This is the NCBI Short Read Archive Toolkit.
- sra will create a $HOME/ncib/public directory and cache the prefetched data files there. However, home directory has a 20gb limit and its use for job data storage is a violation of the UFRC storage policy. You must change that location to a directory in your ufrc space before running the sra toolkit. The official approach is to use the vdb-config tool
and change the directory to, for example, /ufrc/$GROUP/$USER/ncbi/public. See the SRA Toolkit Configuration Documentation for more details.
Alternatively, create an 'ncbi' directory in your /ufrc space and symlink it to ~/ncbi. E.g.
$ mkdir /ufrc/mygroup/$USER/ncbi $ ln -s /ufrc/mygroup/$USER/ncbi ~/ncbi
It appears that data uploads to NCBI only work from login servers. Start a screen session before beginning an upload if there are any concerns about being disconnected.
- HPC_SRA_DIR - installation directory
- HPC_SRA_BIN - location of the executables directory
- HPC_SRA_DOC - location of the documentation directory
To download SRA data you can use the "ascp" utility from the Aspera Connect browser plugin package. We have a copy installed and provided by the sra module. A wrapper script ascp.sh that automatically uses the ssh key is available.
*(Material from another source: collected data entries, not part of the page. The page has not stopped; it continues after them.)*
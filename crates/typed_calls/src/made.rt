// What is made of arguments.

ghost use Rattle.std.specs.Prelude.{◌≡◌, [], IfOk};
ghost use Rattle.name_meanings.specs.Settings.{around};
ghost use Rattle.type_names.specs.Walks.{Comes};
ghost use Rattle.typed_calls.specs.Made as spec;

use crate::copies::{Copying, copying_of};
use crate::fitted_arguments;
use crate::maker::{Maker, constructor_at};
use apex_list::{Boxed, Items};
use apex_num::NoMemory;
use builtin_table::ExceptionClass;
use class_tables::ClassHeads;
use fault_words::FaultWord;
use name_meanings::Setting;
use static_types::{Primitive, ValueType};
use std::alloc::Global;
use type_names::{TreeFault, WalkFault};
use typed_program::{CollectionKind, Constructor, TypedExpr, TypedNew};
use typed_values::{Kind, Typed};

/// The arguments of an exception's constructor: nothing, or a message. `WrongArguments` at this byte where they don't fit.
pub fn message(
    alloc: Global,
    lines: &ClassHeads,
    at: usize,
    args: Items<Typed>,
) -> Result<Items<TypedExpr>, WalkFault>
    ensures { Comes (spec.message lines.now.heads at args) result }
{
    if args.len() == 0 {
        return fitted_arguments(alloc, lines, &[], at, args);
    }
    let text = [Some(ValueType::Primitive(Primitive::String))];
    fitted_arguments(alloc, lines, &text, at, args)
}

fn declared_arguments(
    alloc: Global,
    setting: &Setting,
    class: usize,
    place: usize,
    at: usize,
    args: Items<Typed>,
) -> Result<Items<TypedExpr>, WalkFault>
    ensures { Comes (spec.declared_arguments (around setting.now) class place at args) result }
{
    match constructor_at(setting.members, class, place) {
        Some(constructor) => {
            fitted_arguments(
                alloc,
                setting.lines,
                constructor.params.as_slice(),
                at,
                args,
            )
        }
        None => Err(TreeFault::new(FaultWord::WrongArguments, at).into()),
    }
}

/// The arguments of a constructor of a class; `WrongArguments` at this byte where they don't fit.
pub fn instance_arguments(
    alloc: Global,
    setting: &Setting,
    class: usize,
    constructor: Constructor,
    at: usize,
    args: Items<Typed>,
) -> Result<Items<TypedExpr>, WalkFault>
    ensures { Comes (spec.instance_arguments (around setting.now) class constructor at args) result }
{
    match constructor {
        Constructor::Declared(place) => declared_arguments(alloc, setting, class, place, at, args),
        Constructor::Exception => message(alloc, setting.lines, at, args),
        Constructor::Implied => fitted_arguments(alloc, setting.lines, &[], at, args),
    }
}

fn no_fields(
    alloc: Global,
    lines: &ClassHeads,
    object: usize,
    at: usize,
    args: Items<Typed>,
) -> Result<Boxed<TypedNew>, WalkFault>
    ensures { Comes (spec.no_fields lines.now.heads object at args) result }
{
    fitted_arguments(alloc, lines, &[], at, args)?;
    Ok(Boxed::new(alloc, TypedNew::Record(object, Items::new(alloc)))?)
}

fn copied(
    alloc: Global,
    kind: CollectionKind,
    how: Copying,
    tree: Boxed<TypedExpr>,
) -> Result<Boxed<TypedNew>, NoMemory>
    ensures { IfOk result (λ t. t ≡ spec.copied kind how tree) }
{
    match how {
        Copying::Same => Boxed::new(alloc, TypedNew::Copy(kind, tree)),
        Copying::ById => Boxed::new(alloc, TypedNew::ById(tree)),
    }
}

fn copy_of(
    alloc: Global,
    lines: &ClassHeads,
    to: &ValueType,
    kind: CollectionKind,
    at: usize,
    arg: Typed,
) -> Result<Boxed<TypedNew>, WalkFault>
    ensures { Comes (spec.copy_of lines.now.heads to.now kind at arg) result }
{
    match copying_of(lines, to, &arg.kind) {
        Some(how) => Ok(copied(alloc, kind, how, arg.tree)?),
        None => Err(TreeFault::new(FaultWord::WrongArguments, at).into()),
    }
}

fn empty(alloc: Global, kind: CollectionKind) -> Result<Boxed<TypedNew>, NoMemory>
    ensures { IfOk result (λ t. t ≡ spec.empty kind) }
{
    match kind {
        CollectionKind::Map(key) => Boxed::new(alloc, TypedNew::Map(key, Items::new(alloc))),
        kind => Boxed::new(alloc, TypedNew::Collection(kind, Items::new(alloc))),
    }
}

fn collection(
    alloc: Global,
    lines: &ClassHeads,
    to: &ValueType,
    kind: CollectionKind,
    at: usize,
    args: Items<Typed>,
) -> Result<Boxed<TypedNew>, WalkFault>
    ensures { Comes (spec.collection lines.now.heads to.now kind at args) result }
{
    let mut args = args;
    match args.pop() {
        None => Ok(empty(alloc, kind)?),
        Some(arg) => {
            if args.is_empty() {
                copy_of(alloc, lines, to, kind, at, arg)
            } else {
                Err(TreeFault::new(FaultWord::WrongArguments, at).into())
            }
        }
    }
}

fn instance(
    alloc: Global,
    setting: &Setting,
    class: usize,
    constructor: Constructor,
    at: usize,
    args: Items<Typed>,
) -> Result<Boxed<TypedNew>, WalkFault>
    ensures { Comes (spec.instance (around setting.now) class constructor at args) result }
{
    let trees = instance_arguments(alloc, setting, class, constructor, at, args)?;
    Ok(Boxed::new(alloc, TypedNew::Instance(class, constructor, trees))?)
}

fn exception(
    alloc: Global,
    lines: &ClassHeads,
    class: ExceptionClass,
    at: usize,
    args: Items<Typed>,
) -> Result<Boxed<TypedNew>, WalkFault>
    ensures { Comes (spec.exception lines.now.heads class at args) result }
{
    let trees = message(alloc, lines, at, args)?;
    Ok(Boxed::new(alloc, TypedNew::Exception(class, trees))?)
}

fn new_tree(
    alloc: Global,
    setting: &Setting,
    kind: &ValueType,
    maker: Maker,
    at: usize,
    args: Items<Typed>,
) -> Result<Boxed<TypedNew>, WalkFault>
    ensures { Comes (spec.new_tree (around setting.now) kind.now maker at args) result }
{
    let lines = setting.lines;
    match maker {
        Maker::Instance(class, constructor) => {
            instance(alloc, setting, class, constructor, at, args)
        }
        Maker::Exception(class) => exception(alloc, lines, class, at, args),
        Maker::Record(object) => no_fields(alloc, lines, object, at, args),
        Maker::List => collection(alloc, lines, kind, CollectionKind::List, at, args),
        Maker::Set(p) => collection(alloc, lines, kind, CollectionKind::Set(p), at, args),
        Maker::Map(p) => collection(alloc, lines, kind, CollectionKind::Map(p), at, args),
        Maker::Nothing => Err(TreeFault::new(FaultWord::WrongArguments, at).into()),
    }
}

/// `new` of a type with arguments: it begins at one byte, and the type at another one. `WrongArguments` at the type where
/// their number or one of them doesn't fit.
pub fn made_with(
    alloc: Global,
    setting: &Setting,
    at: usize,
    kind: ValueType,
    maker: Maker,
    type_at: usize,
    args: Items<Typed>,
) -> Result<Typed, WalkFault>
    ensures { Comes (spec.made_with (around setting.now) at kind maker type_at args) result }
{
    let tree = new_tree(alloc, setting, &kind, maker, type_at, args)?;
    Ok(Typed::plain(alloc, at, Kind::Is(kind), TypedExpr::New(tree))?)
}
For instance:
ascp.sh -QT email@example.com:/genomes/Bacteria/all.faa.tar.gz faa
will download the all.faa.tar.gz archive to the faa directory.
Note: if the download fails to run with a "Session Stop (Error: Client unable to connect to server (check UDP port and firewall))" error please submit a support request. This means that the remote site has not been allowed through the firewall. Please be sure to include the path to a script you used to run the data transfer command into the request. Do not put any sensitive information like passwords, keys, and such into the request.